Wie Matthias Baselmann (Gitarre/Gesang) den Bryan gibt, ist eine Show für sich. An die Reibeisenstimme kommt er zwar nicht ganz ran, aber der Gesang und das Auftreten passen. Die Songs schmettert er ins Publikum, dass es eine wahre Pracht ist. Die Stimmung braucht etwas um zu zünden, denn vor der Bühne bleiben trotz viel Animation die letzten zwei Meter frei. Aber die Band versteht es, die bekannten Lieder richtiggehend zu zelebrieren, ihnen Leben einzuhauchen, sie oft auch bisschen knackiger zu spielen als das Original.

Wenn der hessische Kanadier Baselmann in seiner Moderation munter drauf losbabbelt, glaubt man kaum,  dass er im nächsten Atemzug ein  „18 till I die“ raushaut, dass so richtig schön fetzt. „Cuts like a knife“ ist ein weiterer Kracher, den die Band mit viel Schmackes runterspielt. Hier wie auch bei den anderen 30 Songs machen Holger Kindereit (Guitar & Vocals), Carsten Wagner (Bass & Vocals), Andreas König (Keyboards) und Patrick Hauert (Drums) klar, dass es alte Hasen auf ihren Instrumenten einfach draufhaben.

Wenn dann mal was doch nicht so klappt wie gedacht, sich Baselmann vor lauter Hessisch Babbeln im Akkord vergreift und das falsche Stück anspielt („die sind auch so ähnlich“, lacht er), dann ist das ein herrlicher Running Gag. Die Fünf haben es nicht nötig, mit exzessiven Soli darauf aufmerksam zu machen, dass sie es können. Allein Holger Kindereit, der von Outfit und Bewegungen her eindeutig in den 70er Jahren stehen geblieben ist, zeigt des Öfteren mit fettem Sound, was alles in seinen Fingern steckt. Ansonsten sind die Songs wohltuend kurz, auf den Punkt gespielt, knackig, ohne unnötige Schnörkel.

Die fünf erfahrenen Musiker von „Bryan 69“ bieten eine kurzweilige Zeitreise durch die mehr als 30-jährige erfolgreiche Schaffensphase von Bryan Adams. Die vielschichtige Mischung aus bodenständigen Rocksongs und gefühlvollen Balladen unterhält prächtig.

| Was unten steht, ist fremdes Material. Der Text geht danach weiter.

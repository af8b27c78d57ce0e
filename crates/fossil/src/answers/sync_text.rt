//! Prints what a sync came to.
ghost use Rattle.std.specs.Prelude.{◌≡◌, IfOk};
ghost use Rattle.fossil.specs.Syncs as syncs;

use crate::answers::answer::{Answer, joined, line, numbered, refusal_of, wrong_name};
use crate::answers::status::{DONE, MISSING, NOT_REPOSITORY, TOO_MANY_ROUNDS, WRONG_REPLY};
use crate::worked::append_line;
use fsl_name::Name;
use fsl_pull::{PeerFault, Pulled};
use fsl_text::{Memory, Text, escape};
use std::alloc::Global;

/// The text of an error card, escaped.
fn error_text(alloc: Global, error: &[u8]) -> Result<Text, Memory>
    ensures { IfOk result (λ text. text ≡ syncs.error_text error.now) }
{
    let escaped = escape(alloc, error)?;
    joined(alloc, b"error ", escaped.bytes())
}

/// What is wrong with a reply.
fn peer_text(alloc: Global, why: &PeerFault) -> Result<Text, Memory>
    ensures { IfOk result (λ text. text ≡ syncs.peer_text why.now) }
{
    match why {
        PeerFault::Head => Text::of(alloc, b"head"),
        PeerFault::Http { found } => numbered(alloc, b"http ", u64::from(*found)),
        PeerFault::Long { found } => numbered(alloc, b"long ", *found),
        PeerFault::Short { found } => numbered(alloc, b"short ", *found),
        PeerFault::Line { line } => numbered(alloc, b"line ", *line),
        PeerFault::Error { text } => error_text(alloc, text.bytes()),
        PeerFault::WrongName { name, found } => wrong_name(alloc, *name, *found),
        PeerFault::NoPush => Text::of(alloc, b"no push card"),
        PeerFault::NoSequence => Text::of(alloc, b"no sequence"),
        PeerFault::Sequence { found } => numbered(alloc, b"sequence ", *found),
        PeerFault::Again { name } => joined(alloc, b"asked again ", name.text().as_slice()),
    }
}

/// Makes the answer of a sync that ended well: how many rounds it had, and how many artifacts were stored. `Memory` is
/// the only error.
pub fn synced(alloc: Global, pulled: &Pulled) -> Result<Answer, Memory>
    ensures { IfOk result (λ a. a ≡ syncs.synced pulled.now.rounds pulled.now.stored) }
{
    let mut text = Text::empty(alloc);
    append_line(alloc, &mut text, b"rounds ", pulled.rounds)?;
    append_line(alloc, &mut text, b"stored ", pulled.stored)?;
    Ok(Answer { status: DONE, text })
}

/// Makes the answer about a wrong reply. `Memory` is the only error.
pub fn wrong_reply(alloc: Global, why: &PeerFault) -> Result<Answer, Memory>
    ensures { IfOk result (λ a. a ≡ syncs.wrong_reply why.now) }
{
    let text = peer_text(alloc, why)?;
    line(alloc, WRONG_REPLY, b"peer: ", text.bytes())
}

/// Makes the answer about a name that was asked for and isn't sent. `Memory` is the only error.
pub fn missing(alloc: Global, name: Name) -> Result<Answer, Memory>
    ensures { IfOk result (λ a. a ≡ syncs.missing name) }
{
    line(alloc, MISSING, b"missing ", name.text().as_slice())
}

/// Makes the answer of a sync that was given up. `Memory` is the only error.
pub fn too_many_rounds(alloc: Global) -> Result<Answer, Memory>
    ensures { IfOk result (λ a. a ≡ syncs.too_many_rounds) }
{
    line(alloc, TOO_MANY_ROUNDS, b"too many ", b"rounds")
}

/// Makes the refusal of a peer of another project, by its code. `Memory` is the only error.
pub fn other_project(alloc: Global, found: Name) -> Result<Answer, Memory>
    ensures { IfOk result (λ a. a ≡ syncs.other_project found) }
{
    refusal_of(alloc, b"other project ", found.text().as_slice())
}

/// Makes the answer about a peer's file that isn't a repository, by the place at which it fails to be one. `Memory` is
/// the only error.
pub fn no_peer(alloc: Global, at: u64) -> Result<Answer, Memory>
    ensures { IfOk result (λ a. a ≡ syncs.no_peer at) }
{
    let digits = at.to_string(alloc)?;
    line(
        alloc,
        NOT_REPOSITORY,
        b"not a repository: peer ",
        digits.as_bytes(),
    )
}
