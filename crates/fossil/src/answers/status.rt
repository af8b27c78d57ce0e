//! Lists the statuses with which the program ends.

/// All was done, and the report was printed.
pub const DONE: u8 = 0;
/// The words are outside the grammar.
pub const USAGE: u8 = 1;
/// The file isn't a repository.
pub const NOT_REPOSITORY: u8 = 2;
/// The command or its input was refused.
pub const REFUSED: u8 = 3;
/// The repository file couldn't be read or written.
pub const DISK_FAULT: u8 = 4;
/// The input couldn't be read.
pub const INPUT_FAULT: u8 = 5;
/// The report couldn't be written whole.
pub const OUTPUT_FAULT: u8 = 6;
/// A connection failed, or none could be taken.
pub const LINK_FAULT: u8 = 7;
/// A reply of the peer is wrong.
pub const WRONG_REPLY: u8 = 8;
/// The program is out of memory.
pub const NO_MEMORY: u8 = 9;
/// A name that the peer announced isn't sent.
pub const MISSING: u8 = 10;
/// A sync wasn't at its end behind the rounds that it may have.
pub const TOO_MANY_ROUNDS: u8 = 11;
/// A content was read whose bytes have another name.
pub const DAMAGED: u8 = 12;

Wenn es manchmal, wie nach drei Balladen am Stück, zu sehr nach Feuerzeugen und Wunderkerzen riecht, dann kommt mal wieder viel Power hinterher, dass die Fans nicht gleich wegkippen.

Bei „When you’re  gone“, eigentlich als Duett mit Melanie C, übernimmt Michi Tischler von der Hüttenwerk-Hausband den weiblichen Part – und prompt hat der Song den richtigen Groove. Der „Summer of 69“ war als letztes Stück vor dem regulären Schluss natürlich bestens gewählt, um als Zugabe noch drei Hits dranzuhängen. „Can’t stop this thing we started“, der Knaller „Kids wanna rock“ und „Straight from heart” zeigen einmal mehr, wie das musikalische Schaffen von Bryan Adams Eingang in die Gehörgänge gefunden hat. Spontan würden einem diese Songs nicht beim Namen des Kanadiers einfallen, aber einmal  gehört, erkennt man sie gleich wieder.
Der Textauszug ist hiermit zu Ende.